# Why I want a 1D X Mini



## expatinasia (Aug 16, 2015)

The other day I went to an event. It was a public outdoor event which I was not covering, and as such I did not take my camera. My better half asked me when we were leaving home, are you not bringing your camera? And I told her, no I want to relax and have fun.

Needless to say, I wish I had taken the camera as I ended up testing angles with my phone's camera and now need to go back and take some real shots. (added: not of the event obviously, as that is finished. Shots of the place it was in.)

The RX100 Mark IV is the top of the range truly pocketable camera right now. But I still have not bought it.

I would love Canon to bring out something similar - or dare I say, better. What about you?

It's never going to be a 1D X, but something that can take quality RAW images and fits inside my front pocket. I need it to double as a second camera for jobs so I want top image quality, 4K video etc. Basically as much as a 1D X as you can fit in a small body.


----------



## e17paul (Aug 16, 2015)

Roll on the G17. Meanwhile I'm always surprised by the IQ of the images my mother takes with her G15 'handbag camera'. The current G16 is the same but with a few bells and whistles. 

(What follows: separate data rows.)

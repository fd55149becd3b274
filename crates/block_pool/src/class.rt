//! The three sizes of blocks.

ghost use Rattle.std.specs.Prelude.{◌≡◌};
ghost use Rattle.block_pool.specs.Class as sizes;

/// A size of blocks: 128, 512 or 2048 places.
#[derive(Clone, Copy, Debug, PartialEq, Eq)]
pub enum Class {
    Small,
    Middle,
    Large,
}

// How many places are free in front of a packet's first bytes, and behind its last.
pub(crate) const FRONT: u32 = 64;

pub(crate) const BACK: u32 = 16;

impl Class {
    pub(crate) fn places(self) -> u32
        ensures { result ≡ sizes.places self }
    {
        match self {
            Class::Small => 128,
            Class::Middle => 512,
            Class::Large => 2048,
        }
    }

    /// The class of the least blocks in which so many bytes have 64 places in front and 16 behind.
    pub(crate) fn for_len(len: u32) -> Option<Class>
        ensures { result ≡ sizes.class_for len }
    {
        if len > 1968 {
            return None;
        }
        Some(if len > 432 {
            Class::Large
        } else if len > 48 {
            Class::Middle
        } else {
            Class::Small
        })
    }
}
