//! Runs scenarios window by window, as a group of nodes in rounds is run: each window begins at the least event and is
//! as long as the links' delay. Standard input gives the scenarios, with a line `====` behind each; the program writes
//! the frames that each window saves, and what is counted at the end.
#![tactic(auto)]

mod rounds;
mod run;
mod text;
mod windows;

use anyhow::{Context, Result};

fn main(rt: HostRuntime) -> Result<()> {
    let alloc = rt.alloc();
    let mut document = String::new(alloc);
    for line in rt.lines(alloc) {
        let line = line?;
        if line.as_str() == "====" {
            let told = run::run(&rt, alloc, document.as_str())
                .ok()
                .context("no memory")?;
            print!(rt; "{told}")?;
            document = String::new(alloc);
        } else {
            document.push_str(line.as_str())?;
            document.push_str("\n")?;
        }
    }
    Ok(())
}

I'm disappointed by the lack of built in viewfinder of X series G cameras. The built analogue VF of the G15 is limited but still useful. Go on Canon, build that EVF zinging a new G camera. 

Meanwhile, the larger but lightweight 100D(SL1) is my everyday gym bag camera for when I don't want to carry my full frame setup. Unfortunately, not small enough for a pocket like the G series cameras and the RX100


----------



## sanj (Aug 16, 2015)

Would be great to have something like that. 
I currently use Sony RX100 3. But don't really love it. The picture quality above ISO 800 tends to be 'plastic like'.


----------



## 9VIII (Aug 16, 2015)

Ok, I want a mini 1Dx, but "pocketable" is never going to happen. Actually I don't want a pocketable 1Dx, I want an integrated battery grip and all the buttons and features that come with "1D", thus a mini 1D and not mini 5D.
But the flange distance alone is almost 2", you're never going to fit that with a lens in your pocket.


----------



## Mt Spokane Photography (Aug 16, 2015)

I think that its going to happen, but Canon is still looking for the formula to make it work. One inch sensors drive the size of a lens and other parts, so a pocketable camera with one inch sensor is a compromise. With a fast lens, you have to limit zoom range or reduce the aperture and have compromises in the image quality.

Canon put out the G7X to fill this spot, but the next version may be the one that meets users requirements. The current one has a great lens and sharp images, but spotty autofocus and slow operation in general. Put a high powered battery in it along with a fast processor and bigger heat sink, and its no longer pocketable. Still, I think they can do better with the AF performance.


----------



## Maximilian (Aug 17, 2015)

I say "Yes" though I must admit that I don't know if I could afford it and if I would buy it. 
But I see the advantage in getting into new technologies that will trickle down into the more affordable enthusiast/semi pro products.

Canon would say that they already have the G7X, but to me a bigger sensor would be fine. Also much better AF performance. And a good (optional) VF.


----------



## Maximilian (Aug 17, 2015)

Mt Spokane Photography said:


> ...
> Canon put out the G7X to fill this spot, but the next version may be the one that meets users requirements. The current one has a great lens and sharp images, but spotty autofocus and slow operation in general. Put a high powered battery in it along with a fast processor and bigger heat sink, and its no longer pocketable. Still, I think they can do better with the AF performance.


+1 exactly my thought.


----------



## StudentOfLight (Aug 17, 2015)

9VIII said:


> Ok, I want a mini 1Dx, but "pocketable" is never going to happen. Actually I don't want a pocketable 1Dx, I want an integrated battery grip and all the buttons and features that come with "1D", thus a mini 1D and not mini 5D.
> But the flange distance alone is almost 2", you're never going to fit that with a lens in your pocket.


As a mirrorless option I only like the look of the A7R-II with a battery grip attached. Can't see myself shooting with something smaller.


----------



## JackHudson (Aug 29, 2015)

This is without a doubt the most impressive camera I've seen since I went digital. The Canon 1D X is a certified monster of a camera. It's the biggest, the fastest and the bestest 35mm DSLR I've ever seen or used.


----------